Observability Is Part of the Design

The retrieval step and the AI decision step need to be traceable together in the same review surface. Teams should be able to see retrieved chunk IDs, similarity or retrieval scores, model name, token and cost estimates, final decision output, handoff reason if applicable, and human review outcomes. This is what separates "the system answered" from "the system answered for a defensible reason." Without this audit trail, you're flying blind in production.
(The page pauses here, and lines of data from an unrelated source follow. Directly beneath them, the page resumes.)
//! Compiled tables are made, asked for rows, and freed.
ghost use Rattle.std.specs.Prelude.{◌≡◌, None, IfOk, length};
ghost use Rattle.std.specs.Option.{option_map};
ghost use Rattle.cfi_read_core.specs.Addresses.{IsAddressSize};
ghost use Rattle.cfi_read_core.specs.ReaderCalls.{map_ok};
ghost use Rattle.cfi_compiled.specs.CompiledRows.{parts_kept, parts_lent};
ghost use Rattle.cfi_c.specs.AddressRows.{IsAnsweredForC};
ghost use Rattle.cfi_c.specs.PassedSections.{lent};
ghost use Rattle.cfi_c.specs.WrittenRows.{IsRules, rule_at};
ghost use Rattle.cfi_c.specs.TableRows.{IsTableMade, IsTableOf, IsTableRow, table_in, unplaced};

use crate::refusal::{NO_TABLE, number_of};
use crate::section::{CfiBases, is_sized, source_of};
use crate::table::CfiTable;
use crate::written::{CfiRow, CfiRule, cfa_row, rule_of};
use cfi_compiled::{CompiledRow, CompiledTable};
use gimli_cfi::{CallFrameSection, Error, Register, RegisterRule};
use std::alloc::Global;
use std::mem;

/// Makes the compiled table of a section, and frees the one that was there. It has for every
/// address what `cfi_row_by_scan` writes for the section, but a row's two addresses.
///
/// Returns 0; the number of `OutOfMemory` where memory was refused; or that of
/// `UnsupportedAddressSize` where the size is not 1, 2, 4 or 8. After an error the table that was
/// there stays. An error in the section is not returned here, but for the addresses that it is for.
#[unsafe(no_mangle)]
pub extern "C" fn cfi_table_new(
    alloc: Global,
    table: &mut CfiTable,
    section: &[u8],
    bases: &CfiBases,
) -> i32
    ensures { IsTableMade bases.now section.now (table_in table.old) result (table_in table.new) }
{
    if !is_sized(bases.address_size) {
        return number_of(Error::UnsupportedAddressSize(bases.address_size));
    }
    let Ok(made) = compile(alloc, section, bases) else {
        return number_of(Error::OutOfMemory);
    };
    let Ok(held) = Box::new(alloc, made) else {
        return number_of(Error::OutOfMemory);
    };
    *table = CfiTable::of(alloc, Some(held));
    0
}

/// Writes what the row of the address says, without its two addresses, and the rules of the
/// registers from 0 up, as many as fit in `rules`.
///
/// Returns the status, which is also in `row`: 0, or the number of the error, with what it carries
/// in `row.refused`; and `NO_TABLE` where there is no table. `row.start` and `row.end` are 0. Does
/// not allocate, and reads nothing of the section.
#[unsafe(no_mangle)]
pub extern "C" fn cfi_table_row(
    alloc: Global,
    table: &mut CfiTable,
    address: u64,
    row: &mut CfiRow,
    rules: &mut [CfiRule],
) -> i32
    ensures answered { IsTableRow (table_in table.old) address row.new rules.new }
    ensures status { result ≡ row.new.status }
    ensures kept { table_in table.new ≡ table_in table.old }
{
    let held = mem::replace(table, CfiTable::of(alloc, None)).into_box();
    answer(lent(&held), address, row, rules);
    *table = CfiTable::of(alloc, held);
    row.status
}

/// Frees the table, where there is one.
#[unsafe(no_mangle)]
pub extern "C" fn cfi_table_free(alloc: Global, table: &mut CfiTable)
    ensures { table_in table.new ≡ None }
{
    *table = CfiTable::of(alloc, None);
}

/// Makes the compiled table of the section. Fails where memory is refused.
fn compile(alloc: Global, section: &[u8], bases: &CfiBases) -> Result<CompiledTable, Error>
    requires { IsAddressSize bases.now.address_size }
    ensures { IfOk result (IsTableOf bases.now section.now) }
{
    let source = source_of(section, None, bases);
    match source.section() {
        CallFrameSection::DebugFrame(frame) => CompiledTable::new(alloc, &frame, &source.bases),
        CallFrameSection::EhFrame(frame) => CompiledTable::new(alloc, &frame, &source.bases),
    }
}

/// Lends the table that is held.
fn lent(held: &Option<Box<CompiledTable>>) -> Option<&CompiledTable>
    ensures { lent result ≡ option_map (λ table. table.value) held.now }
{
    match held {
        Some(table) => Some(table.as_ref()),
        None => None,
    }
}

/// Writes the row of the address by the table, where there is one.
fn answer(table: Option<&CompiledTable>, address: u64, row: &mut CfiRow, rules: &mut [CfiRule])
    ensures { IsTableRow (lent table.entry) address row.new rules.new }
{
    match table {
        Some(table) => write_row(table.row(address), row, rules),
        None => {
            row.refused = 0;
            row.status = NO_TABLE;
        }
    }
}

/// Writes what a row says, and as many rules as fit; or the number of the error, with what it
/// carries.
fn write_row(found: Result<CompiledRow<'_>, Error>, row: &mut CfiRow, rules: &mut [CfiRule])
    ensures { IsAnsweredForC (map_ok unplaced (parts_lent found.entry))
        row.new rules.new 0 (length rules.new) }
{
    match found {
        Ok(found) => {
            *row = cfa_row(0, 0, found.saved_args_size(), *found.cfa());
            write_rules(found, rules);
        }
        Err(error) => {
            row.refused = error.value();
            row.status = number_of(error);
        }
    }
}

/// Writes the rules of the registers from 0 up.
fn write_rules(found: CompiledRow<'_>, rules: &mut [CfiRule])
    ensures { IsRules (unplaced (parts_kept found.entry)) rules.new 0 (length rules.new) }
{
    for k in 0..rules.len() {
        rules[k] = rule_of(found_rule(found, k));
    }
}

/// Returns the rule of register `k`; `None` also where there is no such register.
fn found_rule(found: CompiledRow<'_>, k: usize) -> Option<RegisterRule<usize>>
    ensures { result ≡ rule_at (unplaced (parts_kept found.entry)) k }
{
    if k <= 0xffff {
        found.register(Register(k as u16))
    } else {
        None
    }
}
When to Add Standalone Vector Infrastructure

This isn't an argument against standalone vector databases—it's an argument against reaching for them prematurely. Later phases might justify separate infrastructure if the system requires more search traffic, complex filtering boundaries across deployment boundaries, or recall and latency characteristics that outweigh the operational complexity of additional moving parts. But before that threshold, a smaller stack makes retrieval, evaluation, and auditability genuinely visible rather than scattered across distributed systems.

Key Takeaways

  • Start with Postgres + pgvector when your operational data is already relational—keep vectors near their context
  • Define narrow, inspectable retrieval scopes first; scope can expand but only after foundations are auditable
  • Every chunk should carry metadata about allowed use and approval requirements before it touches customer-facing output
  • Golden-question evaluation sets matter more than announcing that the system has embeddings

The Bottom Line

The RAG infrastructure obsession misses what actually matters in operational AI: control, reviewability, and schema clarity. Postgres first isn't a compromise—it's the pragmatic choice for teams that need to answer "why did the AI say that?" with evidence, not guesswork.